Can be set. Moreover, it is possible to reduce the fluctuation of the sliding resistance caused by the variation in the outer diameter of the shaft and the variation in the inner diameter of the housing. Further, when it is desired to regulate the displacement at the time of a large load in the direction perpendicular to the axis, the above effect is lost by setting the radial gap (Δt in FIG. 1) on the inner peripheral surface and the outer peripheral surface of the connecting member to a desired dimension.
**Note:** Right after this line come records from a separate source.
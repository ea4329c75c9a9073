//! Why an end disconnected, in words.

ghost use Rattle.std.specs.Prelude.{◌≡◌, OnOk};
ghost use Rattle.std.specs.Io.KnownBytes.{Appends};
ghost use Rattle.pdu_text.specs.DisconnectReasons as leavings;

use safe_pdu::Leaving;
use std::io;
use std::io::Write;

/// Writes the reason and detail of a DiscReq and their meaning, after a front that says who disconnected.
#[tactic(auto, unfolding(crate::specs::DisconnectReasons::leaving_text))]
pub(crate) fn write_leaving<W: Write>(
    writer: &mut W,
    front: &str,
    leaving: Leaving,
) -> io::Result<()>
    ensures { OnOk result (Appends (W.contents writer.old) (W.contents writer.new)
        (leavings.leaving_text front.now leaving)) }
{
    let Leaving { detail, reason } = leaving;
    let words = leaving_words(reason, detail);
    write!(writer, "{front}reason {reason} detail {detail}{words}")
}

/// Returns the words for a reason and a detail.
fn leaving_words(reason: u16, detail: u16) -> &'static str
    ensures { result.now ≡ leavings.leaving_words reason detail }
{
    match reason {
        0 => ": closed by its user",
        1 => ": a PDU that is not allowed in this state",
        2 => ": a sequence error while connecting",
        3 => ": nothing recent was confirmed within T_max",
        4 => session_words(detail),
        5 => ": another version of RaSTA",
        6 => ": the requested PDUs cannot be resent",
        7 => protocol_words(detail),
        _ => "",
    }
}

/// Returns the words for a detail of reason 4.
fn session_words(detail: u16) -> &'static str
    ensures { result.now ≡ leavings.session_words detail }
{
    match detail {
        1 => ": no common PDI version",
        2 => ": a telegram out of order",
        3 => ": a telegram with other names or another protocol type, or not a telegram",
        _ => ": the session is refused",
    }
}

/// Returns the words for a detail of reason 7.
fn protocol_words(detail: u16) -> &'static str
    ensures { result.now ≡ leavings.protocol_words detail }
{
    match detail {
        1 => ": the limit of PDUs in one connection is reached",
        2 => ": a malformed unit",
        3 => ": a confirmed number that no unconfirmed PDU has",
        4 => ": a confirmed timestamp that is not of this time",
        _ => ": a protocol error",
    }
}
It becomes possible to obtain it appropriately without.

[Brief description of drawings]

FIG. 1 is a sectional view in a direction perpendicular to an axis, showing an embodiment of the present invention.
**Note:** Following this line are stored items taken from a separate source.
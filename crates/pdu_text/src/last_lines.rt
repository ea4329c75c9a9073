//! The last line of an end: its state at the end of a run, and why.

ghost use Rattle.std.specs.Prelude.{◌≡◌, OnOk};
ghost use Rattle.std.specs.Io.KnownBytes.{Appends};
ghost use Rattle.pdu_text.specs.LastLines as endings;
ghost use Rattle.pdu_text.specs.Pieces.{log_line};

use crate::causes::{Cause, write_cause};
use crate::disconnect_reasons::write_leaving;
use crate::names::{phase_name, state_name};
use crate::pieces::write_front;
use crate::write_text;
use end_settings::Side;
use octets::Milliseconds;
use pdi_session::Phase;
use safe_machine::ConnectionState;
use safe_pdu::Leaving;
use std::io;
use std::io::Write;

/// Who disconnected, with the reason and detail of the DiscReq.
#[derive(Clone, Copy, Debug, PartialEq, Eq)]
pub enum Departure {
    /// This end.
    Own(Leaving),
    /// Its peer.
    Peer(Leaving),
}

/// The state of an end at the end of a run, and what may explain it.
#[derive(Clone, Copy, Debug, PartialEq, Eq)]
pub struct FinalState {
    /// The state of its connection.
    pub state: ConnectionState,
    /// The phase of its session.
    pub phase: Phase,
    /// Who disconnected, if anyone did.
    pub departure: Option<Departure>,
    /// How many datagrams came.
    pub came: u64,
    /// How many PDUs its safety machine did not drop.
    pub taken: u64,
    /// Why the last dropped datagram was dropped.
    pub last: Option<Cause>,
}

/// Writes the last line of an end: its state, who disconnected and why, and, if no PDU of the peer was
/// taken, what came instead.
///
/// # Errors
///
/// The writer's error; what came before it remains written.
#[tactic(auto, unfolding(crate::specs::Pieces::log_line, crate::specs::LastLines::final_state_text))]
pub fn write_ending<W: Write>(
    writer: &mut W,
    at: Milliseconds,
    side: Side,
    ending: &FinalState,
) -> io::Result<()>
    // If it succeeds, `write_ending` has appended a line: time, end, state and phase, who disconnected and
    // why, and, if no PDU was taken, what came.
    ensures { OnOk result (Appends (W.contents writer.old) (W.contents writer.new)
        (log_line at side (endings.final_state_text ending.now))) }
{
    write_front(writer, at, side)?;
    write_standing(writer, ending)?;
    write_departure(writer, ending.departure)?;
    write_heard(writer, ending.came, ending.taken, ending.last)?;
    write_text(writer, "\n")
}

/// Writes the state and the phase.
#[tactic(auto, unfolding(crate::specs::LastLines::state_and_phase_text))]
fn write_standing<W: Write>(writer: &mut W, ending: &FinalState) -> io::Result<()>
    ensures { OnOk result (Appends (W.contents writer.old) (W.contents writer.new)
        (endings.state_and_phase_text ending.now)) }
{
    let state = state_name(ending.state);
    let phase = phase_name(ending.phase);
    write!(writer, "ends {state} {phase}")
}

/// Writes who disconnected and why.
fn write_departure<W: Write>(writer: &mut W, departure: Option<Departure>) -> io::Result<()>
    ensures { OnOk result (Appends (W.contents writer.old) (W.contents writer.new)
        (endings.departure_text departure)) }
{
    match departure {
        None => write_text(writer, ""),
        Some(Departure::Own(leaving)) => write_leaving(writer, "; it disconnected with ", leaving),
        Some(Departure::Peer(leaving)) => {
            write_leaving(writer, "; its peer disconnected with ", leaving)
        }
    }
}

/// Writes what came, if no PDU of the peer was taken.
fn write_heard<W: Write>(
    writer: &mut W,
    came: u64,
    taken: u64,
    last: Option<Cause>,
) -> io::Result<()>
    ensures { OnOk result (Appends (W.contents writer.old) (W.contents writer.new)
        (endings.strangers_text came taken last)) }
{
    match (came, taken) {
        (0, _) => {
            write_text(
                writer,
                "; nothing received on any channel: is the peer running, and do local and remote match its settings?",
            )
        }
        (_, 0) => write_untaken(writer, came, last),
        _ => write_text(writer, ""),
    }
}

/// Writes how many datagrams came and why the last one was dropped.
#[tactic(auto, unfolding(crate::specs::LastLines::untaken_text))]
fn write_untaken<W: Write>(writer: &mut W, came: u64, last: Option<Cause>) -> io::Result<()>
    ensures { OnOk result (Appends (W.contents writer.old) (W.contents writer.new)
        (endings.untaken_text came last)) }
{
    write_came(writer, came)?;
    write_last(writer, last)?;
    Ok(())
}

/// Writes how many datagrams came.
#[tactic(auto, unfolding(crate::specs::LastLines::datagram_count_text))]
fn write_came<W: Write>(writer: &mut W, came: u64) -> io::Result<()>
    ensures { OnOk result (Appends (W.contents writer.old) (W.contents writer.new) (endings.datagram_count_text came)) }
{
    write!(
        writer,
        "; none of {came} datagrams was the peer's, the last one: "
    )
}

/// Writes why the last dropped datagram was dropped.
fn write_last<W: Write>(writer: &mut W, last: Option<Cause>) -> io::Result<()>
    ensures { OnOk result (Appends (W.contents writer.old) (W.contents writer.new) (endings.last_text last)) }
{
    match last {
        None => write_text(writer, ""),
        Some(cause) => write_cause(writer, cause),
    }
}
FIG. 2 is a cross-sectional view of planes OA and OB in FIG.

FIG. 3 is an explanatory diagram showing appearances of a slit portion and a connecting portion in FIG.

FIG. 4 is a sectional view in the direction perpendicular to the axis, showing another embodiment of the present invention.

5 is a cross-sectional view of the OA and OB planes of FIG.

FIG. 6 is an explanatory view showing a part of the external appearance of the slit portion and the connecting portion of FIG.

FIG. 7 is a perspective view of the related art.

FIG. 8 is a sectional view taken along the direction perpendicular to the axis of FIG.

[Explanation of symbols]

 DESCRIPTION OF SYMBOLS 1 shaft 2 housing 10 shaft holding member 11 contact surface (sliding surface) with shaft 12 elastically deforming portion of shaft holding member 20 outer holding member 21 contact surface with housing 22 elastically deforming portion of outer holding member 30, 31 Connecting member 32, 33 Void 40, 41 Slit Δt Void

Claims (3)

[Claims] 1. An elastic bearing made of synthetic resin, which is slidably supported by an inner peripheral surface and fixed to an inner peripheral surface of a housing having an outer peripheral surface, is provided in an axial direction. The slit is divided into a plurality of parts in the circumferential direction by a slit, and each of the divided parts has a sliding surface that comes into contact with the shaft and a shaft holding member that has an elastically deformable portion that does not come into contact with the shaft, and a contact that is fitted into the inner peripheral surface of the housing. And an outer holding member having an elastically deformable portion that is not in contact with the inner peripheral surface of the housing, and connects the shaft holding member and the outer holding member at a predetermined interval in the radial direction and the circumferential direction. An elastic bearing body made of synthetic resin, which is integrally formed of a member. 2. The elastic bearing body made of synthetic resin according to claim 1, wherein one end in the axial direction of the outer peripheral surface of the outer holding member is provided with the connecting member with a gap with respect to the inner peripheral surface of the housing. . 3. The elastic synthetic resin according to claim 1, wherein one end of the inner peripheral surface of the inner holding member in the axial direction is provided with the connecting member with a gap with respect to the outer peripheral surface of the shaft. Bearing body.